I was your stereotypical, pampered brat who never had to share his toys, his Diwali envelopes, or his parents’ attention with anyone. Also, to compensate for not being able to “give me a younger brother”, my parents let me keep not one, not two, but three pets. My dogs Kuku and Zippy along with my cat Needy still remain the closest entities I’ll ever have to real siblings. Like most single children, I also made more than my fair share of “friends who are like family”, cousins who I consider siblings, and an entire comic-book universe of imaginary friends.
But beyond the turmoil of being someone who values his personal space a little too much in the second most populated country in the world, having no siblings also meant that while all the other kids in my neighbourhood had the option of teaming up with their brothers/sisters in badminton matches, I was the kid being forced to team up with his mom. I recall being a tad embarrassed about it back then. But looking back now, it was one of the first memories I have of my mother always taking it upon herself to make sure I never felt left out. In fact, both my parents stepped in now and then to double up as back-up siblings. My dad didn’t care if he was too old to be smashing on the second player remote while we played Mario Kart or Contra. All in all, our little three-member family (six, if you count the animals), was a happy bunch.
But then my father died.
Nothing made me feel the lack of a sibling more than my father’s untimely demise. They say our siblings become the only connection to our childhood when we grow old and that’s when I began to feel it. I won’t ever be able to discuss my dad’s little nuances and traits with someone who was there to witness them. There is nobody in the world who feels like the way I do about my dad. My mom’s grief is different. A brother or sister would have known what it’s like. Being a single child didn’t feel like a privilege anymore. Death and ageing beat toys and Diwali envelopes any day.
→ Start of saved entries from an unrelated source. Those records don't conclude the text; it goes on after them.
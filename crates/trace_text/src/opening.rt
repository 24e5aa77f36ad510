// Where a text begins.
ghost use Rattle.std.specs.Prelude.{◌≡◌};
ghost use Rattle.std.specs.Option.{option_map};
ghost use Rattle.trace_text.specs.Said.{first_line_with_words};
ghost use Rattle.trace_text.specs.Words.{lines, without_mark};

use crate::line::Line;

// The text without a byte order mark at its beginning.
pub(crate) fn without_mark(text: &[u8]) -> &[u8]
    ensures { result.now ≡ without_mark text.now }
{
    match text {
        [0xef, 0xbb, 0xbf, rest @ ..] => rest,
        _ => text,
    }
}

// The first line that has a word.
pub(crate) fn first_line_with_words(text: &[u8]) -> Option<&[u8]>
    ensures { option_map (λ line. line.now) result ≡ first_line_with_words (lines text.now) }
{
    text.split(|byte| *byte == b'\n')
        .find(|bytes| !Line { bytes }.is_silent())
}
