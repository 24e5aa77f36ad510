//! Traces as text: what a text says is read line by line.
#![tactic(auto)]

ghost use Rattle.trace_text.specs.Said.{ReadsAs, looks_like_text, content_of, trace_in};
ghost use Rattle.std.specs.Prelude.{◌≡◌};

mod entries;
mod fault;
pub mod laws;
mod line;
mod names;
mod opening;
mod pieces;
mod reading;
mod requests;
mod stages;
#[cfg(test)]
mod texts;
mod users;

pub use fault::{Fault, ReadError, Reason};
use line::Line;
pub use names::Name;
use opening::{first_line_with_words, without_mark};
use request::Request;
use std::alloc::Global;

/// What a text says: the numbers of a policy, and the requests behind it.
#[derive(Drop)]
pub struct Trace {
    pub numbers: Vec<u64>,
    pub requests: Vec<Request>,
}

/// What the text says, or the first line that can't be read, and why. The text is only read: where memory runs out,
/// nothing is left behind.
pub fn read(heap: Global, text: &[u8]) -> Result<Trace, ReadError>
    ensures { ReadsAs content_of result (trace_in text.now) }
{
    let mut trace = Trace {
        numbers: Vec::new(heap),
        requests: Vec::new(heap),
    };
    trace.read_lines(without_mark(text))?;
    Ok(trace)
}

/// Whether the first word is `users`, past a byte order mark, blank lines and comments: so begins a trace as text.
pub fn looks_like_text(bytes: &[u8]) -> bool
    ensures { result ≡ looks_like_text bytes.now }
{
    let Some(bytes) = first_line_with_words(without_mark(bytes)) else {
        return false;
    };
    Line { bytes }.is_named(0, Name::Users)
}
Now with just a single parent as immediate family, I’ve developed a crippling fear of having no anchor to support my ship some day.
A couple of years ago, one of my closest friends went through the same tragic loss of losing his father. At the prayer meet, as I drew closer to my weeping friend to offer him the same comfort he offered me during my time of need, his elder brother grabbed him before I could. The déjà vu of it all made me feel two parts envy and one part self-pity. The idea of facing such a devastating loss again, without the comfort of an equally heartbroken companion, made me painfully anxious.
Since then, the true meaning of singledom has come to me in many ways. Now with just a single parent as immediate family, I’ve developed a crippling fear of having no anchor to support my ship some day. Not to mention, I am beginning to realise how completely oblivious I’ve been to the weight of responsibilities as the only person to carry my family name forward. Then comes the daunting realisation that I do not have the liberty of being a fuck up since I lack the luxury of a mature sibling who can make all of my mother and father’s dreams come true. On my own, I am too inadequate to fulfill the expectations of a half Gujju, half Maharashtrian household.
Perhaps, this fear of being inadequate is also the reason why the prospect of marriage is still not as frightening to me as it is to most of my 25-year-old bachelor friends. In fact, I’ve fantasised more about fathering multiple children than I have about having the perfect marriage. I’d want my kids to have the comfort of peers who can also act as a nostalgic time portal to their shared childhood as opposed to the painful memories of deceased pets and countless hours of single-player games that their father had.
My onlyness is something that I am battling with furiously. I am constantly connected to my huge extended family, I’ve always had steady girlfriends on whom I depend for support, and a bunch of close friends who’ve stuck with me through thick and thin. It’s taken a lot of work and I’m hoping like hell I won’t be the old man sitting in the park talking to pigeons alone.
Maybe it’s a destiny we are all hurtling toward, and I know that in the end we are all alone and yada yada, but it would have been nice to have a brother sitting on the park beside me, telling me to stop talking to pigeons and check out that hot woman with a walker.